┌──

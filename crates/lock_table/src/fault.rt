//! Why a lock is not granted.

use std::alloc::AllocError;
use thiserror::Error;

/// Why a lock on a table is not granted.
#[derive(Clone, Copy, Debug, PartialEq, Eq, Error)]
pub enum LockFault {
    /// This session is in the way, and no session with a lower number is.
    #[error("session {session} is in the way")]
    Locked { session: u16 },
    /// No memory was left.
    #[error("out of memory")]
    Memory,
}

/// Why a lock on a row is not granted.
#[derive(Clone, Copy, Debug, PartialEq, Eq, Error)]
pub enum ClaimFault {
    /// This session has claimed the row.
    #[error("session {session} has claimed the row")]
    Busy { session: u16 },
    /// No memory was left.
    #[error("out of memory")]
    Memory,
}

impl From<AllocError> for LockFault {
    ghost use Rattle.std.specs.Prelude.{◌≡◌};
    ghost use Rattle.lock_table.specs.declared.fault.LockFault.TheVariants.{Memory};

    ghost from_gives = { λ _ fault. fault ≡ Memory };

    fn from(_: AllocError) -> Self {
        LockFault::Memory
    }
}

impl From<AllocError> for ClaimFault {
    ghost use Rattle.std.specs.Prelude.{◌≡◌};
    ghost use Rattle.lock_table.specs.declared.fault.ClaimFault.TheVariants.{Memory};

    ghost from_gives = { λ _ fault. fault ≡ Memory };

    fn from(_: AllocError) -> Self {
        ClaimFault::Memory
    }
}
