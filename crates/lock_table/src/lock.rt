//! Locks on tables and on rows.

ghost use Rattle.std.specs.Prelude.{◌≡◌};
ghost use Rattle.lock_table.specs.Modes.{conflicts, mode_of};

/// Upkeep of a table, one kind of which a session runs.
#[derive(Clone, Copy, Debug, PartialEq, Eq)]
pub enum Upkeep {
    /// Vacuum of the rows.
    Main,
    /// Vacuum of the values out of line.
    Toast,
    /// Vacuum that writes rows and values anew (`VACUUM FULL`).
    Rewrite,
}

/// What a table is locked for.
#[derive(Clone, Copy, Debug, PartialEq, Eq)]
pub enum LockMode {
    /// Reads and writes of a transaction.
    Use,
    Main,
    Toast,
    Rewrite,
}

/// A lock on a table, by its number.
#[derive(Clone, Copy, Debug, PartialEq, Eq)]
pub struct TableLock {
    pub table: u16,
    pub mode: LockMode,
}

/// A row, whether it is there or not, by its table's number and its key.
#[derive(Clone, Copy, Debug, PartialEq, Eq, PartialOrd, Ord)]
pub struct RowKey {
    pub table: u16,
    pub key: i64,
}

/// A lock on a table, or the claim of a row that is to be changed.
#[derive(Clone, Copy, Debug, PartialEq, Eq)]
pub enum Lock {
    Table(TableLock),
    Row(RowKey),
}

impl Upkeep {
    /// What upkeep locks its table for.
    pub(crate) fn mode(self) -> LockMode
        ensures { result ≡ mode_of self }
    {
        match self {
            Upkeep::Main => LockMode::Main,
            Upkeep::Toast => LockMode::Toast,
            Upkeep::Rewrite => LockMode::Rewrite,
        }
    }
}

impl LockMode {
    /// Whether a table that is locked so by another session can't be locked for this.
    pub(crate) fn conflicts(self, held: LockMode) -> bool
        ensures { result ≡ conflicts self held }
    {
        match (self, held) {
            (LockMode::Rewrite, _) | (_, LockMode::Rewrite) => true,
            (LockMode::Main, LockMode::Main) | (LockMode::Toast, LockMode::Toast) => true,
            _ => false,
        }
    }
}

└──
┌──

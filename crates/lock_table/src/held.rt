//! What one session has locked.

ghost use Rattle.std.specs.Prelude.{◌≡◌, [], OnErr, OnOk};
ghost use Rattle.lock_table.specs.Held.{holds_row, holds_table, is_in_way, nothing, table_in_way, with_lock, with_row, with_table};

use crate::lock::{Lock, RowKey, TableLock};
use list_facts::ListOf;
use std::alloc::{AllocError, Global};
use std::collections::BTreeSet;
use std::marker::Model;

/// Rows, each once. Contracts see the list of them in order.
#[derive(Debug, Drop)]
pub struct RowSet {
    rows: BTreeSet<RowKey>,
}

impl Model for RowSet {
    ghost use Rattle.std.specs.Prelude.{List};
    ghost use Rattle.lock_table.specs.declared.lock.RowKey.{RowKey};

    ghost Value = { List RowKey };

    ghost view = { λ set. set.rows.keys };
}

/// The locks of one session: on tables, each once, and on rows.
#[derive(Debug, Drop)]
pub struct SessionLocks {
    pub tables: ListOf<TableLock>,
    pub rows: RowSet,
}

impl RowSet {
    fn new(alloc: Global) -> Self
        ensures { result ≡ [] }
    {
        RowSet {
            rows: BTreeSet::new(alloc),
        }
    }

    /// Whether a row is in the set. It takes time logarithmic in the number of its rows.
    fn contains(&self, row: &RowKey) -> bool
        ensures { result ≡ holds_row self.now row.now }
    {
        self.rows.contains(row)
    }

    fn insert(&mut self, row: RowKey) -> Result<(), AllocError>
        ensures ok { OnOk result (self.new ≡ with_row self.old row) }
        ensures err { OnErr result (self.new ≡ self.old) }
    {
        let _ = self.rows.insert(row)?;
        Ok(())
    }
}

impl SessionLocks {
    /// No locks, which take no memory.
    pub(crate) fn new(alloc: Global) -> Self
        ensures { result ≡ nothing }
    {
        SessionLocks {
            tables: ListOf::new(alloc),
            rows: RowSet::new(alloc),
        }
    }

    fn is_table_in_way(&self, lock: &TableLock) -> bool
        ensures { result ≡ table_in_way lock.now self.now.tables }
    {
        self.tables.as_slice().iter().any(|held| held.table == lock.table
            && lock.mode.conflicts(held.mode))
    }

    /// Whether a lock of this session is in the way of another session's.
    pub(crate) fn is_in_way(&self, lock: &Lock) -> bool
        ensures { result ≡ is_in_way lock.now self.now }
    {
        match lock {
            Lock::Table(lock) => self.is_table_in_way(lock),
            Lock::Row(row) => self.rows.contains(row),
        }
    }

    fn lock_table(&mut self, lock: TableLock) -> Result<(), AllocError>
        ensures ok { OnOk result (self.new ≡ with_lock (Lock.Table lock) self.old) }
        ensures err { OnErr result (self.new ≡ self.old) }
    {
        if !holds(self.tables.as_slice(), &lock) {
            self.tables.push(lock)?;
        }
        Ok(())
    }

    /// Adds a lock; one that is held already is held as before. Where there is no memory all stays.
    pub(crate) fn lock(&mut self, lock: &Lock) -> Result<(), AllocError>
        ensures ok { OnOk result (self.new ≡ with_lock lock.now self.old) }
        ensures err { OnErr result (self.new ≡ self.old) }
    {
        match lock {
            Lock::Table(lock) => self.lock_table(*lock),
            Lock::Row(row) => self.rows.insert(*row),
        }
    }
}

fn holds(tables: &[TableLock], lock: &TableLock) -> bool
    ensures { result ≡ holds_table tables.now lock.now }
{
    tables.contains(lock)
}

└──

▶ **WORK REQUIRED**: Read through the records above and copy the lines that contain "match".

▶ **RESPONSE TO THIS EXERCISE**:
        match self {
        match (self, held) {
        match lock {
        match lock {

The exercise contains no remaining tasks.